Exercise brief. The material below contains a line with "Writes two bytes" and a line with "number < 100". Copy exactly those two lines and all lines between them.

Listed entries.
======

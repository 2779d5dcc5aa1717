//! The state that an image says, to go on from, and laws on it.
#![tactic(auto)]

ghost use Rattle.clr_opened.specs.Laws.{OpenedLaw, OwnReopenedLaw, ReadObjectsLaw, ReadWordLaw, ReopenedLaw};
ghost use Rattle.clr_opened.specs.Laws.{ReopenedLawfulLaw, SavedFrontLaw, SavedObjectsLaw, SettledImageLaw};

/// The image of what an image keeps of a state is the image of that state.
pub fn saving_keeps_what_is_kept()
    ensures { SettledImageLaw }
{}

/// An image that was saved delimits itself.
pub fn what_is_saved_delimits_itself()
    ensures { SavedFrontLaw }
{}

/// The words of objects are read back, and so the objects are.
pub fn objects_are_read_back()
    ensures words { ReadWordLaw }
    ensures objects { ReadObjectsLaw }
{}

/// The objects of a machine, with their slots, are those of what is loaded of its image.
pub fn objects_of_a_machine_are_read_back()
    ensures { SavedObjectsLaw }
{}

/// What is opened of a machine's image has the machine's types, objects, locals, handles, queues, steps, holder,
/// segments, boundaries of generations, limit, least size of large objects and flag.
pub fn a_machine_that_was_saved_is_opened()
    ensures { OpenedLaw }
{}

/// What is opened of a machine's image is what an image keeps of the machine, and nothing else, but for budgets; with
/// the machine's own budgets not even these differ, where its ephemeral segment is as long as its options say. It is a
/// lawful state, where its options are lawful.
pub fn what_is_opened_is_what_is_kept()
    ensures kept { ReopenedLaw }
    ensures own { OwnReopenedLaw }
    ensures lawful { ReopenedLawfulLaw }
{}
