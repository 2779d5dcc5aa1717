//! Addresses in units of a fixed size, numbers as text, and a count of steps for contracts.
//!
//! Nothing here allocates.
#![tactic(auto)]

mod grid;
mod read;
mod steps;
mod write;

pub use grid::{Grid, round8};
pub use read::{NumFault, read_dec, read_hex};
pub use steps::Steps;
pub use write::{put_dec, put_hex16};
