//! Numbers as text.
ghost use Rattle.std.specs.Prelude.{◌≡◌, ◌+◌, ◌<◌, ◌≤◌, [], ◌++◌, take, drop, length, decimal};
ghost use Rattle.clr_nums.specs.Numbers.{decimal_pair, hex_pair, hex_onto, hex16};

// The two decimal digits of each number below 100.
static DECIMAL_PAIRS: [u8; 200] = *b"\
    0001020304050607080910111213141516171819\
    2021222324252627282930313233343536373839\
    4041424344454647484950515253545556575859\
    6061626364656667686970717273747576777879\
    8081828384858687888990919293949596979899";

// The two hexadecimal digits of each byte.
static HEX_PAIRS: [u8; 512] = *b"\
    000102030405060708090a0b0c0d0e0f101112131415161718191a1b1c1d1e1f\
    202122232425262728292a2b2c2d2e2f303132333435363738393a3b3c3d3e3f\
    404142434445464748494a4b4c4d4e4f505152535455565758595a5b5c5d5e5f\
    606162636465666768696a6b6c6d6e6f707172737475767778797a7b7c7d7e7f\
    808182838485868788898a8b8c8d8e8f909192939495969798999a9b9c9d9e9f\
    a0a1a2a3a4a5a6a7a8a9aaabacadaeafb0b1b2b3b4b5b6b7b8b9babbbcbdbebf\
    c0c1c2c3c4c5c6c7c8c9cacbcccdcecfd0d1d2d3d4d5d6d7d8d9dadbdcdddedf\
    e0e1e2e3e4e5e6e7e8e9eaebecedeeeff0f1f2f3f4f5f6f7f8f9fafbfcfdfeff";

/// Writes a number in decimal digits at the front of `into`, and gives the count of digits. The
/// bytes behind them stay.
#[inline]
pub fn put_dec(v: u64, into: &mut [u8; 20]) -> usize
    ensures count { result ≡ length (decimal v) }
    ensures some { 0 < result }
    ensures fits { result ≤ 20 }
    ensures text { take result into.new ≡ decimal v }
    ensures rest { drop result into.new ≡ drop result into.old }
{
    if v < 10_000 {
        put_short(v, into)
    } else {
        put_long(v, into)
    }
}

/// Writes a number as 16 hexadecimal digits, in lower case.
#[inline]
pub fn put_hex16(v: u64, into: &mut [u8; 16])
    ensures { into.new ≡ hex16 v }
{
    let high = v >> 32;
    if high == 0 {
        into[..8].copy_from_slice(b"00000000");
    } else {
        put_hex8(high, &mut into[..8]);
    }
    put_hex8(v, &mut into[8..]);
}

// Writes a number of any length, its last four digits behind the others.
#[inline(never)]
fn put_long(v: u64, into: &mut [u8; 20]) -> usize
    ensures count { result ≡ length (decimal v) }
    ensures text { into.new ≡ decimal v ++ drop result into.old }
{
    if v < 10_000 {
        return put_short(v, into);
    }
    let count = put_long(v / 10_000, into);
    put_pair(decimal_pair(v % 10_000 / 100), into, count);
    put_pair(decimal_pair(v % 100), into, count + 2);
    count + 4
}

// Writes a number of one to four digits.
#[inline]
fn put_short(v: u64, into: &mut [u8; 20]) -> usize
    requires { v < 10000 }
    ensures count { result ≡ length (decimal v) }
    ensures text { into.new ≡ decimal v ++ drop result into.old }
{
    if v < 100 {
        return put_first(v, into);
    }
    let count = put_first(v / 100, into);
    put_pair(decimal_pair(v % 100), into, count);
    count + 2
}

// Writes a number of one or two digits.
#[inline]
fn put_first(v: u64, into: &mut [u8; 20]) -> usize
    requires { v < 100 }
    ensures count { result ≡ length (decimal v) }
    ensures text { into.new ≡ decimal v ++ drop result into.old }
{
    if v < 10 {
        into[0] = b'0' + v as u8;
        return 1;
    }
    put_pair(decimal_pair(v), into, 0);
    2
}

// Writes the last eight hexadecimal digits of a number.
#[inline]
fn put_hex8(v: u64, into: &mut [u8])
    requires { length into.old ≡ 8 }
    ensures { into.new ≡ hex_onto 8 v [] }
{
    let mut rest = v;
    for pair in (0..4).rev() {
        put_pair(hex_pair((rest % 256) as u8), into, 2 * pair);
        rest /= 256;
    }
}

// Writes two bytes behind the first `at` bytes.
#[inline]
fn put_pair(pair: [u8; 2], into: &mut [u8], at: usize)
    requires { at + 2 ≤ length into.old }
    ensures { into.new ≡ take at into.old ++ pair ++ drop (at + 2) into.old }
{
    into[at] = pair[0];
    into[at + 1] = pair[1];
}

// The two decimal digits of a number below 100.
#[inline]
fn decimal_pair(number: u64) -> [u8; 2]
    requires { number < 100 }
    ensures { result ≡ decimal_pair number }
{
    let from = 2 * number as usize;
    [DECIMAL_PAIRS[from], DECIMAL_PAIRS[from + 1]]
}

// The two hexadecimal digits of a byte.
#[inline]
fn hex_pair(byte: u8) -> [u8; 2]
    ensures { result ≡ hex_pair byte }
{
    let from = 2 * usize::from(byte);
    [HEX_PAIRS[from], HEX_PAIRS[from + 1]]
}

======

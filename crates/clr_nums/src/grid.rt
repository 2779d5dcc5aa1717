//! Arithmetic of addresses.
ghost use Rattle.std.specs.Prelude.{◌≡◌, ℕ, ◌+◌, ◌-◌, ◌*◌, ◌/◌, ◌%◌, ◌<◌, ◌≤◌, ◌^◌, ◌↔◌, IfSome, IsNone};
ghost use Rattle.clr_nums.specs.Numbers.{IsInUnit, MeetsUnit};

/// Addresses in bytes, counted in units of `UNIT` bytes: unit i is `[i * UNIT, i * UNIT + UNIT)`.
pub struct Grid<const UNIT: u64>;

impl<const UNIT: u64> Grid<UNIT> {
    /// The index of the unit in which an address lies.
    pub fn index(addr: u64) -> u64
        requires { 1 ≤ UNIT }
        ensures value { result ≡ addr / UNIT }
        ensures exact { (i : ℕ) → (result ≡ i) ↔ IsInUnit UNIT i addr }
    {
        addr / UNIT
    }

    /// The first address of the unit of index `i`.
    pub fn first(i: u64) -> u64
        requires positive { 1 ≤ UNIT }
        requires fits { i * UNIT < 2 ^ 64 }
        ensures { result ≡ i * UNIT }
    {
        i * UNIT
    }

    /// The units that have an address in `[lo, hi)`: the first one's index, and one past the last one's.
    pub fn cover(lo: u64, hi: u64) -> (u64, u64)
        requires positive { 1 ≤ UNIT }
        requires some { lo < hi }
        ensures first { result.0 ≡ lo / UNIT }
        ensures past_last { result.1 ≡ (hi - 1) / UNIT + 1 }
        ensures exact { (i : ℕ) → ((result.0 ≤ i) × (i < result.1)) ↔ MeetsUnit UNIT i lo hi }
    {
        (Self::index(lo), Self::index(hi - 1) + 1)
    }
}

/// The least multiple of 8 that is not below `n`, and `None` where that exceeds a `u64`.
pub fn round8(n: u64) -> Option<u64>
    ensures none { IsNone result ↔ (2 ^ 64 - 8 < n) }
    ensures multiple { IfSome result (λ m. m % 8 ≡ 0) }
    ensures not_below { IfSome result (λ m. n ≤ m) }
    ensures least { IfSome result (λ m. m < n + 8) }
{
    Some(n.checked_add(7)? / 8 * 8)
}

======

Output for this task.
// Writes two bytes behind the first `at` bytes.
#[inline]
fn put_pair(pair: [u8; 2], into: &mut [u8], at: usize)
    requires { at + 2 ≤ length into.old }
    ensures { into.new ≡ take at into.old ++ pair ++ drop (at + 2) into.old }
{
    into[at] = pair[0];
    into[at + 1] = pair[1];
}

// The two decimal digits of a number below 100.
#[inline]
fn decimal_pair(number: u64) -> [u8; 2]
    requires { number < 100 }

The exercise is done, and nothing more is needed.